Despite the difference in spike LTP, we found that basal synaptic function was unaffected by Nbea deficiency. There were no significant changes in the input–output relationship of fEPSP slopes to the stimulation intensity in Nbea+/− mice as compared to their wild-type littermates. Therefore, the basal glutamate-mediated synaptic transmission is likely not affected by the haploinsufficiency of Nbea. These results are consistent with previous work comparing input–output curves in acute hippocampal slices between wild-type and Nbea+/− mice where no differences were detected at low stimulation intensities[20]. However, previous experiments using Nbea−/− neurons found that in contrast to spontaneous release events, the amplitudes of action-potential induced excitatory postsynaptic currents were significantly affected by the complete lack of Nbea[9]. This can be explained directly by the impaired AMPA receptor subunit trafficking to postsynaptic membranes[9] which limits the number of glutamate receptors. While the amount of receptors in Nbea−/− neurons might suffice to respond to the neurotransmitter release by single vesicles, they are more than saturated by an action potential induced glutamate release[9]. Unaltered evoked glutamatergic responses in Nbea+/− mice indicate that either AMPAR-subunit trafficking is less impaired in haploinsufficient animals or they have compensatory mechanisms to generate equally strong responses as wild-type mice.

Presynaptic short-term plasticity at perforant path-granule cell synapses was not affected by a reduction in Nbea levels as revealed by unchanged paired-pulse facilitation (PPF).
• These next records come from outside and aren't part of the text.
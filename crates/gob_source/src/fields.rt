//! The fields of a struct.

ghost use Rattle.std.specs.Prelude.{◌≡◌, ◌++◌, ◌∷◌, [], IfOk, List};
ghost use Rattle.gob_types.specs.declared.kind.Field.{Field};
ghost use Rattle.gob_source.specs.Adds.{Adds};
ghost use Rattle.gob_source.specs.Machine.{AddsField, KnowsNames};
ghost use Rattle.gob_source.specs.Source.{comment_line, comment_text, comments_text, declared_width, declared_text};
ghost use Rattle.gob_source.specs.Source.{field_line, field_text, fields_text, type_of_text, width};

use crate::declared::Declared;
use crate::field_names::FieldNames;
use crate::names::name_width;
use crate::text::{push_escaped, push_spaces, push_text};
use crate::types::{push_pointer, push_type};
use gob_types::{Field, Shapes, TypeId};
use std::alloc::{AllocError, Global};

/// Appends the fields, a line each: those that Go lets a struct have, in order, and then the others in comments.
pub(crate) fn push_fields<S: Shapes>(
    types: &Declared<'_, S>,
    of: TypeId,
    fields: &[Field],
    out: &mut Vec<u8>,
) -> Result<(), AllocError>
    ensures { Adds result out.old.items out.new.items
        (fields_text (S.table types.now.shapes.now) types.now.ids.now of fields.now) }
{
    push_declared(types, of, fields, out)?;
    push_comments(types, of, fields, out)
}

// Appends those that are declared.
fn push_declared<S: Shapes>(
    types: &Declared<'_, S>,
    of: TypeId,
    fields: &[Field],
    out: &mut Vec<u8>,
) -> Result<(), AllocError>
    ensures { Adds result out.old.items out.new.items
        (declared_text (S.table types.now.shapes.now) types.now.ids.now of (width [] fields.now) [] fields.now) }
{
    let width = width_of(types.alloc, fields)?;
    let mut seen = FieldNames::new(types.alloc);
    for field in fields {
        push_field(types, of, width, &mut seen, field, out)?;
    }
    Ok(())
}

// Appends the others.
fn push_comments<S: Shapes>(
    types: &Declared<'_, S>,
    of: TypeId,
    fields: &[Field],
    out: &mut Vec<u8>,
) -> Result<(), AllocError>
    ensures { Adds result out.old.items out.new.items
        (comments_text (S.table types.now.shapes.now) types.now.ids.now of [] fields.now) }
{
    let mut seen = FieldNames::new(types.alloc);
    for field in fields {
        push_comment(types, of, &mut seen, field, out)?;
    }
    Ok(())
}

// The columns of the longest name of those that are declared.
fn width_of(alloc: Global, fields: &[Field]) -> Result<usize, AllocError>
    ensures { IfOk result (λ most. most ≡ width [] fields.now) }
{
    let mut seen = FieldNames::new(alloc);
    let mut width = 0;
    for field in fields {
        width = width.max(declared_width(&mut seen, field)?);
    }
    Ok(width)
}

// The columns of the name of a field behind those that were seen, where it is declared.
fn declared_width<'a>(seen: &mut FieldNames<'a>, field: &'a Field) -> Result<usize, AllocError>
    ensures { IfOk result (λ count. (before : List Field) → KnowsNames seen.old before
        → (count ≡ declared_width before field.now) × KnowsNames seen.new (before ++ field.now ∷ [])) }
{
    if !seen.declares(field)? {
        return Ok(0);
    }
    Ok(name_width(field.name.as_bytes()))
}

// Appends the line of a field behind those that were seen, where it is declared.
fn push_field<'a, S: Shapes>(
    types: &Declared<'_, S>,
    of: TypeId,
    width: usize,
    seen: &mut FieldNames<'a>,
    field: &'a Field,
    out: &mut Vec<u8>,
) -> Result<(), AllocError>
    ensures { AddsField result out.old.items out.new.items seen.old seen.new field.now
        (λ before. field_text (S.table types.now.shapes.now) types.now.ids.now of width before field.now) }
{
    if seen.declares(field)? {
        return push_field_line(types, of, width, field, out);
    }
    Ok(())
}

// Appends the line of a field. Its type stands behind the longest name.
fn push_field_line<S: Shapes>(
    types: &Declared<'_, S>,
    of: TypeId,
    width: usize,
    field: &Field,
    out: &mut Vec<u8>,
) -> Result<(), AllocError>
    ensures { Adds result out.old.items out.new.items
        (field_line (S.table types.now.shapes.now) types.now.ids.now of width field.now) }
{
    let name = field.name.as_bytes();
    push_text(b"\t", out)?;
    push_text(name, out)?;
    push_spaces(width.saturating_sub(name_width(name)), out)?;
    push_type_of(types, of, field.id, out)
}

// Appends a field behind those that were seen in a comment, where it isn't declared.
fn push_comment<'a, S: Shapes>(
    types: &Declared<'_, S>,
    of: TypeId,
    seen: &mut FieldNames<'a>,
    field: &'a Field,
    out: &mut Vec<u8>,
) -> Result<(), AllocError>
    ensures { AddsField result out.old.items out.new.items seen.old seen.new field.now
        (λ before. comment_text (S.table types.now.shapes.now) types.now.ids.now of before field.now) }
{
    if seen.declares(field)? {
        return Ok(());
    }
    push_comment_line(types, of, field, out)
}

// Appends a field in a comment.
fn push_comment_line<S: Shapes>(
    types: &Declared<'_, S>,
    of: TypeId,
    field: &Field,
    out: &mut Vec<u8>,
) -> Result<(), AllocError>
    ensures { Adds result out.old.items out.new.items
        (comment_line (S.table types.now.shapes.now) types.now.ids.now of field.now) }
{
    push_text(b"\t// ", out)?;
    push_escaped(field.name.as_bytes(), out)?;
    push_type_of(types, of, field.id, out)
}

// Appends the type of a field, and the end of the line.
fn push_type_of<S: Shapes>(
    types: &Declared<'_, S>,
    of: TypeId,
    id: TypeId,
    out: &mut Vec<u8>,
) -> Result<(), AllocError>
    ensures { Adds result out.old.items out.new.items
        (type_of_text (S.table types.now.shapes.now) types.now.ids.now of id) }
{
    push_text(b" ", out)?;
    push_pointer(types, of, id, out)?;
    push_type(types, of, id, 3, out)?;
    push_text(b"\n", out)
}
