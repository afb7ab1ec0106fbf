//! What the numbers of a part mean.

use crate::row::Row;
use crate::text::names::{push_name, push_string};
use gob_num::{to_pattern, to_signed};
use gob_types::{Basic, Kind, Marshal, Shapes};
use ryu::Buffer;
use std::alloc::{AllocError, Global};

// The sign of a float's 64 bits, and the least of the others that are no finite float.
const SIGN: u64 = 0x8000_0000_0000_0000;

const INFINITY: u64 = 0x7ff0_0000_0000_0000;

/// Puts behind the text what the part is whose first number is that of the row, with what follows that number: the
/// second number of a complex, or its raw bytes.
pub(crate) fn push_value<S: Shapes>(
    alloc: Global,
    shapes: &S,
    first: &Row,
    behind: Behind<'_>,
    out: &mut String,
) -> Result<(), AllocError> {
    let Some(shape) = shapes.shape_of(first.id) else {
        return Ok(());
    };
    match &shape.kind {
        Kind::Basic(basic) => push_basic(*basic, first.number, behind, out),
        Kind::Array { .. } | Kind::Slice { .. } => push_count(first.number, "element", out),
        Kind::Map { .. } => push_count(first.number, "pair", out),
        Kind::Opaque(marshal) => {
            push_count(first.number, "byte", out)?;
            if !shape.name.as_bytes().is_empty() {
                out.push_str(" of ")?;
                push_name(alloc, shape.name.as_bytes(), out)?;
            }
            out.push_str(by_marshal(*marshal))
        }
        Kind::Struct { .. } => Ok(()),
    }
}

/// What stands behind the first number of a part, in it.
#[derive(Clone, Copy)]
pub(crate) enum Behind<'a> {
    /// Nothing.
    Nothing,
    /// The second number of a complex.
    Imaginary(u64),
    /// Raw bytes.
    Raw(&'a [u8]),
    /// It isn't there.
    Missing,
}

fn push_basic(
    basic: Basic,
    number: u64,
    behind: Behind<'_>,
    out: &mut String,
) -> Result<(), AllocError> {
    match basic {
        Basic::Bool => out.push_str(if number == 1 { "true" } else { "false" }),
        Basic::Int => write!(out, "{}", to_signed(number)),
        Basic::Uint => write!(out, "{number}"),
        Basic::Float => push_float(to_pattern(number), out),
        Basic::Interface => push_interface(number, behind, out),
        Basic::Complex => push_complex(number, behind, out),
        Basic::Bytes => push_count(number, "byte", out),
        Basic::Str => match behind {
            Behind::Raw(raw) => push_string(raw, out),
            Behind::Missing => push_count(number, "byte", out),
            _ => out.push_str("\"\""),
        },
    }
}

// Nil, or the name of what it holds.
fn push_interface(length: u64, behind: Behind<'_>, out: &mut String) -> Result<(), AllocError> {
    match behind {
        Behind::Raw(name) => {
            out.push_str("holds ")?;
            push_string(name, out)
        }
        Behind::Missing => {
            out.push_str("holds something, by a name of ")?;
            push_count(length, "byte", out)
        }
        _ => out.push_str("nil"),
    }
}

fn push_complex(number: u64, behind: Behind<'_>, out: &mut String) -> Result<(), AllocError> {
    push_float(to_pattern(number), out)?;
    if let Behind::Imaginary(second) = behind {
        out.push_str(" and ")?;
        push_float(to_pattern(second), out)?;
        out.push('i')?;
    }
    Ok(())
}

// Puts a float behind the text, in the fewest digits that read back as it.
fn push_float(pattern: u64, out: &mut String) -> Result<(), AllocError> {
    let size = pattern % SIGN;
    if size > INFINITY {
        return out.push_str("NaN");
    }
    out.push_str(Buffer::new().format(f64::from_bits(pattern)))
}

// Puts behind the text how many there are.
fn push_count(count: u64, noun: &str, out: &mut String) -> Result<(), AllocError> {
    write!(out, "{count} {noun}")?;
    if count == 1 {
        return Ok(());
    }
    out.push('s')
}

fn by_marshal(marshal: Marshal) -> &'static str {
    match marshal {
        Marshal::Gob => ", by GobEncode",
        Marshal::Binary => ", by MarshalBinary",
        Marshal::Text => ", by MarshalText",
    }
}
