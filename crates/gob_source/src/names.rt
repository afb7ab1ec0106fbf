//! Names of types.

ghost use Rattle.std.specs.Prelude.{◌≡◌, ◌&&◌, bytes_eq, chars, if◌then◌else◌, length};
ghost use Rattle.std.specs.List.{list_all, list_any};
ghost use Rattle.gob_source.specs.Adds.{Adds};
ghost use Rattle.gob_source.specs.Names.{ends_in_number, is_digit, is_identifier, is_identifier_text, is_letter};
ghost use Rattle.gob_source.specs.Names.{is_letter_or_digit, is_numbered, is_reserved};
ghost use Rattle.gob_source.specs.Names.{is_two_digits, name_width, own_name};

use crate::declared::Declared;
use crate::text::{push_number, push_text};
use gob_types::{Shapes, TypeId};
use std::alloc::AllocError;
use std::str;
use ucd_category::{GeneralCategory, GeneralCategoryGroup};

// A longer name is no identifier: a name stands wherever its type is referred to, and the types of a struct's fields
// stand behind the longest name.
const LONGEST: usize = 255;

// Go's keywords; the names of Go's own that this source uses, of types, packages, values and functions; those of the
// values of its methods; those that no type of a program may have; and those of the functions of a program.
const RESERVED: [&[u8]; 60] = [
    b"break",
    b"case",
    b"chan",
    b"const",
    b"continue",
    b"default",
    b"defer",
    b"else",
    b"fallthrough",
    b"for",
    b"func",
    b"go",
    b"goto",
    b"if",
    b"import",
    b"interface",
    b"map",
    b"package",
    b"range",
    b"return",
    b"select",
    b"struct",
    b"switch",
    b"type",
    b"var",
    b"bool",
    b"int",
    b"uint",
    b"float64",
    b"byte",
    b"string",
    b"complex128",
    b"error",
    b"nil",
    b"big",
    b"netip",
    b"time",
    b"url",
    b"value",
    b"data",
    b"_",
    b"init",
    b"main",
    b"bufio",
    b"gob",
    b"json",
    b"fmt",
    b"io",
    b"log",
    b"os",
    b"reflect",
    b"int64",
    b"uint64",
    b"copy",
    b"len",
    b"new",
    b"newValue",
    b"nextType",
    b"readNumber",
    b"typeID",
];

/// Whether Go takes the name as an identifier: letters and digits of Unicode, and underlines, no digit first.
pub(crate) fn is_identifier(name: &[u8]) -> bool
    ensures { result ≡ is_identifier name.now }
{
    if name.len() > LONGEST {
        return false;
    }
    match str::from_utf8(name) {
        Ok(text) => is_identifier_text(text),
        Err(_) => false,
    }
}

// Whether the text is a letter, and then letters and digits.
fn is_identifier_text(text: &str) -> bool
    ensures { result ≡ is_identifier_text (chars text.now) }
{
    let mut begun = false;
    let mut fits = false;
    for character in text.chars() {
        fits = fits_behind(begun, fits, character);
        begun = true;
    }
    fits
}

// Whether a character is a letter, or behind others that fit a letter or a digit.
fn fits_behind(begun: bool, fits: bool, character: char) -> bool
    ensures { result ≡ (if begun then fits && is_letter_or_digit character else is_letter character) }
{
    if begun {
        fits && is_letter_or_digit(character)
    } else {
        is_letter(character)
    }
}

fn is_letter(character: char) -> bool
    ensures { result ≡ is_letter character }
{
    GeneralCategoryGroup::Letter.contains(GeneralCategory::for_char(character)) || character == '_'
}

fn is_letter_or_digit(character: char) -> bool
    ensures { result ≡ is_letter_or_digit character }
{
    let category = GeneralCategory::for_char(character);
    is_letter(character) || category.number() == GeneralCategory::DecimalNumber.number()
}

/// The columns in which gofmt reckons with a name: one for each character.
pub(crate) fn name_width(name: &[u8]) -> usize
    ensures { result ≡ name_width name.now }
{
    match str::from_utf8(name) {
        Ok(text) => count_of(text),
        Err(_) => name.len(),
    }
}

// How many characters the text has.
fn count_of(text: &str) -> usize
    ensures { result ≡ length (chars text.now) }
{
    text.chars().count()
}

/// Whether Go has another use for the name.
pub(crate) fn is_reserved(name: &[u8]) -> bool
    ensures { result ≡ is_reserved name.now }
{
    is_word(name, &RESERVED)
}

/// Whether the name is one of the words.
pub(crate) fn is_word(name: &[u8], words: &[&[u8]]) -> bool
    ensures { result ≡ list_any (λ word. bytes_eq word.now name.now) words.now }
{
    for word in words {
        if *word == name {
            return true;
        }
    }
    false
}

/// Appends the name under which the type of this name is declared.
pub(crate) fn push_own<S: Shapes>(
    types: &Declared<'_, S>,
    id: TypeId,
    name: &[u8],
    out: &mut Vec<u8>,
) -> Result<(), AllocError>
    ensures { Adds result out.old.items out.new.items
        (own_name (S.table types.now.shapes.now) types.now.ids.now id name.now) }
{
    if !is_identifier(name) {
        push_text(b"T", out)?;
        return push_number(id.0, out);
    }
    push_text(name, out)?;
    if is_reserved(name) || is_numbered(name) || types.is_taken(id, name) {
        push_text(b"_", out)?;
        return push_number(id.0, out);
    }
    Ok(())
}

// Whether the name looks like one that was made with an id: T66, or Point_66.
fn is_numbered(name: &[u8]) -> bool
    ensures { result ≡ is_numbered name.now }
{
    match name {
        [84, rest @ ..] if is_two_digits(rest) => true,
        _ => ends_in_number(name),
    }
}

// Whether the end of the name is an underline and at least two digits.
fn ends_in_number(name: &[u8]) -> bool
    ensures { result ≡ ends_in_number name.now }
{
    for index in 0..name.len() {
        if name[index] == 95 && is_two_digits(&name[index + 1..]) {
            return true;
        }
    }
    false
}

fn is_two_digits(text: &[u8]) -> bool
    ensures { result ≡ is_two_digits text.now }
{
    text.len() >= 2 && are_digits(text)
}

fn are_digits(text: &[u8]) -> bool
    ensures { result ≡ list_all is_digit text.now }
{
    text.iter().all(|c| is_digit(*c))
}

fn is_digit(c: u8) -> bool
    ensures { result ≡ is_digit c }
{
    48 <= c && c <= 57
}
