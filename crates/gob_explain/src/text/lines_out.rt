//! Lines put out one behind another, up to the first fault.

ghost use Rattle.std.specs.Prelude.{◌≡◌, [], None};
ghost use Rattle.gob_explain.specs.Column.{IsSomeLine};
ghost use Rattle.gob_explain.specs.Machine.Putting.{PutsLine};
ghost use Rattle.gob_explain.specs.Putting.{PutsMore, PutsOn};

use crate::text::lines::push_line;
use gob_json::TextOut;
use gob_words::escaped;
use std::alloc::{AllocError, Global};

/// Why lines were not all put out.
#[derive(Debug, Drop)]
pub enum LineFault<E> {
    /// There was no memory for a line.
    Memory,
    /// The output took no more.
    Out(E),
}

impl<E> From<AllocError> for LineFault<E> {
    ghost use Rattle.std.specs.Prelude.{◌≡◌};
    ghost use Rattle.gob_explain.specs.declared.text.lines_out.LineFault.TheVariants as fault;

    ghost from_gives = { λ _ given. given ≡ fault.Memory };

    fn from(_: AllocError) -> LineFault<E> {
        LineFault::Memory
    }
}

/// Puts lines out one behind another, and keeps the first fault. Behind it none is put out: so whoever makes lines goes
/// on to the end of what they show, and what was put out is a prefix of all of them.
#[derive(Drop)]
pub struct LinesOut<O: TextOut> {
    /// Where the lines go.
    pub out: O,
    /// The first fault, if there was one.
    pub fault: Option<LineFault<O::Fault>>,
    alloc: Global,
    // The line that is made.
    line: String,
}

impl<O: TextOut> LinesOut<O> {
    /// No line is put out yet.
    pub fn new(alloc: Global, out: O) -> LinesOut<O>
        ensures out { result.out ≡ out }
        ensures fault { result.fault ≡ None }
    {
        LinesOut {
            out,
            fault: None,
            alloc,
            line: String::new(alloc),
        }
    }

    /// The output, and the first fault, if there was one.
    pub fn into_parts(self) -> (O, Option<LineFault<O::Fault>>)
        ensures out { result.0 ≡ self.out }
        ensures fault { result.1 ≡ self.fault }
    {
        let LinesOut {
            out,
            fault,
            alloc: _,
            line: _,
        } = self;
        (out, fault)
    }

    /// Whether there was a fault.
    pub(crate) fn has_failed(&self) -> bool {
        self.fault.is_some()
    }

    /// Keeps that there was no memory for a line.
    pub(crate) fn want_memory(&mut self)
        ensures { PutsOn O.puts self.old.out self.old.fault self.new.out self.new.fault [] }
    {
        if self.fault.is_none() {
            self.fault = Some(LineFault::Memory);
        }
    }

    /// Puts out the line of bytes that stand at an offset of a stream, and what they are so many levels deep, if there
    /// was memory to say it. Of that each character is escaped that a terminal obeys, so it is one line.
    pub(crate) fn put_line(
        &mut self,
        offset: u64,
        bytes: &[u8],
        levels: u64,
        meaning: Result<String, AllocError>,
    )
        ensures { PutsMore O.puts self.old.out self.old.fault self.new.out self.new.fault
            (IsSomeLine offset bytes.now levels) }
    {
        if self.fault.is_some() {
            return;
        }
        match self.put_next(offset, bytes, levels, meaning) {
            Ok(()) => {}
            Err(fault) => self.fault = Some(fault),
        }
    }

    // Puts out the line where there was no fault.
    fn put_next(
        &mut self,
        offset: u64,
        bytes: &[u8],
        levels: u64,
        meaning: Result<String, AllocError>,
    ) -> Result<(), LineFault<O::Fault>>
        ensures put { PutsLine O.puts offset bytes.now levels self.old.out self.new.out result }
        ensures fault { self.new.fault ≡ self.old.fault }
    {
        let meaning = meaning?;
        let shown = escaped(self.alloc, meaning.as_str())?;
        self.line.clear();
        push_line(offset, bytes, levels, shown.as_str(), &mut self.line)?;
        self.out.put(self.line.as_bytes()).map_err(LineFault::Out)
    }
}
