//! Lines: bytes of a stream with their offset, and beside them what they are.

ghost use Rattle.std.specs.Prelude.{◌≡◌, ℕ, ◌+◌, ◌-◌, ◌*◌, ◌++◌, ◌≤◌, length, take, drop, min, OnOk, string_bytes};
ghost use Rattle.gob_explain.specs.Column.{HasLineAdded, byte_lines, hex_column, lines_below, offset_text, spaces};

use std::alloc::AllocError;

// So many bytes stand in a line.
const WIDTH: usize = 8;

// Of a longer run so many are shown.
const MOST: usize = 32;

/// Puts behind the text the line of bytes that stand at an offset of a stream, and what they are so many levels deep.
/// More than 8 bytes go on in lines of their own, and behind 32 their number stands in the place of the others.
pub fn push_line(
    offset: u64,
    bytes: &[u8],
    levels: u64,
    meaning: &str,
    out: &mut String,
) -> Result<(), AllocError>
    ensures { OnOk result (HasLineAdded offset bytes.now levels meaning.now (string_bytes out.old)
        (string_bytes out.new)) }
{
    let (shown, more) = split(bytes, WIDTH);
    push_bytes(offset, shown, out)?;
    push_gap(WIDTH.saturating_sub(shown.len()), levels, out)?;
    out.push_str(meaning)?;
    out.push_str("\n")?;
    push_more(offset.saturating_add(shown.len() as u64), more, out)
}

// What stands between the bytes and what they are: room for so many bytes more, and two spaces for each level.
fn push_gap(missing: usize, levels: u64, out: &mut String) -> Result<(), AllocError>
    ensures { OnOk result (string_bytes out.new ≡ string_bytes out.old ++ spaces (3 * missing + 2 + 2 * levels)) }
{
    'bytes: for byte in 0..missing {
        out.push_str("   ")?;
    }
    out.push_str("  ")?;
    'levels: for level in 0..levels {
        out.push_str("  ")?;
    }
    Ok(())
}

// The lines of the bytes behind the first ones.
fn push_more(begin: u64, bytes: &[u8], out: &mut String) -> Result<(), AllocError>
    ensures { OnOk result (string_bytes out.new ≡ string_bytes out.old ++ lines_below begin bytes.now) }
{
    let (shown, more) = split(bytes, MOST - WIDTH);
    push_shown(begin, shown, out)?;
    if more.is_empty() {
        return Ok(());
    }
    write!(out, "        .. {} bytes more\n", more.len())
}

// A line for each 8 bytes.
fn push_shown(begin: u64, bytes: &[u8], out: &mut String) -> Result<(), AllocError>
    ensures { (most : ℕ) → length bytes.now ≤ 8 * most
        → OnOk result (string_bytes out.new ≡ string_bytes out.old ++ byte_lines most begin bytes.now) }
{
    let mut offset = begin;
    let mut rest = bytes;
    while !rest.is_empty() {
        let (piece, later) = split(rest, WIDTH);
        push_bytes(offset, piece, out)?;
        out.push_str("\n")?;
        offset = offset.saturating_add(piece.len() as u64);
        rest = later;
    }
    Ok(())
}

// The first bytes, as many as these or all, and the others.
fn split(bytes: &[u8], most: usize) -> (&[u8], &[u8])
    ensures first { result.0.now ≡ take most bytes.now }
    ensures others { result.1.now ≡ drop most bytes.now }
    ensures size { length result.0.now ≡ min most (length bytes.now) }
{
    let end = most.min(bytes.len());
    (&bytes[..end], &bytes[end..])
}

// An offset, and behind it each byte in hexadecimal behind a space.
fn push_bytes(offset: u64, bytes: &[u8], out: &mut String) -> Result<(), AllocError>
    ensures { OnOk result (string_bytes out.new ≡ string_bytes out.old ++ (offset_text offset ++ hex_column
        bytes.now)) }
{
    write!(out, "{offset:>6} ")?;
    'bytes: for byte in bytes {
        write!(out, " {:02x}", *byte)?;
    }
    Ok(())
}
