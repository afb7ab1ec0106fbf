//! The names under which types fill interfaces.

ghost use Rattle.std.specs.Prelude.{◌≡◌, [], OnOk};
ghost use Rattle.gob_source.specs.Registered.{namings, with_naming};

use gob_types::TypeId;
use indexmap::IndexSet;
use std::alloc::{AllocError, Global};
use std::marker::Model;

/// A type that fills an interface, and the name under which its writer registered it.
#[derive(Drop, PartialEq, Eq, Hash)]
pub struct Registered {
    /// The id of the type.
    pub id: TypeId,
    /// The name. It need not be UTF-8.
    pub name: Vec<u8>,
}

/// The names of types that fill interfaces, each of them once, in the order in which they were added.
#[derive(Drop)]
pub struct RegisteredNames {
    names: IndexSet<Registered>,
}

impl Model for RegisteredNames {
    ghost use Rattle.std.specs.Prelude.{List};
    ghost use Rattle.gob_source.specs.Registered.{Naming, namings};

    ghost Value = { List Naming };

    ghost view = { λ s. namings s.names.keys };
}

impl RegisteredNames {
    /// No names.
    pub fn new(alloc: Global) -> RegisteredNames
        ensures { result ≡ [] }
    {
        RegisteredNames {
            names: IndexSet::new(alloc),
        }
    }

    /// Adds a name of a type, last, unless it is there.
    pub fn add(&mut self, alloc: Global, id: TypeId, name: &[u8]) -> Result<(), AllocError>
        ensures { OnOk result (self.new ≡ with_naming self.old (id, name.now)) }
    {
        let name = Vec::from_slice(alloc, name)?;
        self.names.insert_full(Registered { id, name })?;
        Ok(())
    }

    /// All of them, in order.
    pub fn as_slice(&self) -> &[Registered]
        ensures { namings result.now ≡ self.now }
    {
        self.names.as_slice()
    }
}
This finding is in line with in vitro experiments using both heterozygous[20] as well as knockout[4] neurons. In acute hippocampal slices, PPF at CA1 synapses was not affected[20]. In recordings from synaptically connected pairs of neurons in culture, it was found that the synaptic phenotype of Nbea knockout was only observed if the responding postsynaptic neuron was Nbea-deficient, indicating that presynaptic short-term plasticity mechanisms are unaltered[4]. While these results are seemingly in opposition to the earlier results indicating a strong presynaptic role for Nbea[5,6], this discrepancy might reflect a difference in Nbea function between hippocampal and cortical neurons where Nbea acts mostly postsynaptically[4,20] and brainstem neurons[5] and neuromuscular junctions[6] where Nbea also has an important presynaptic function.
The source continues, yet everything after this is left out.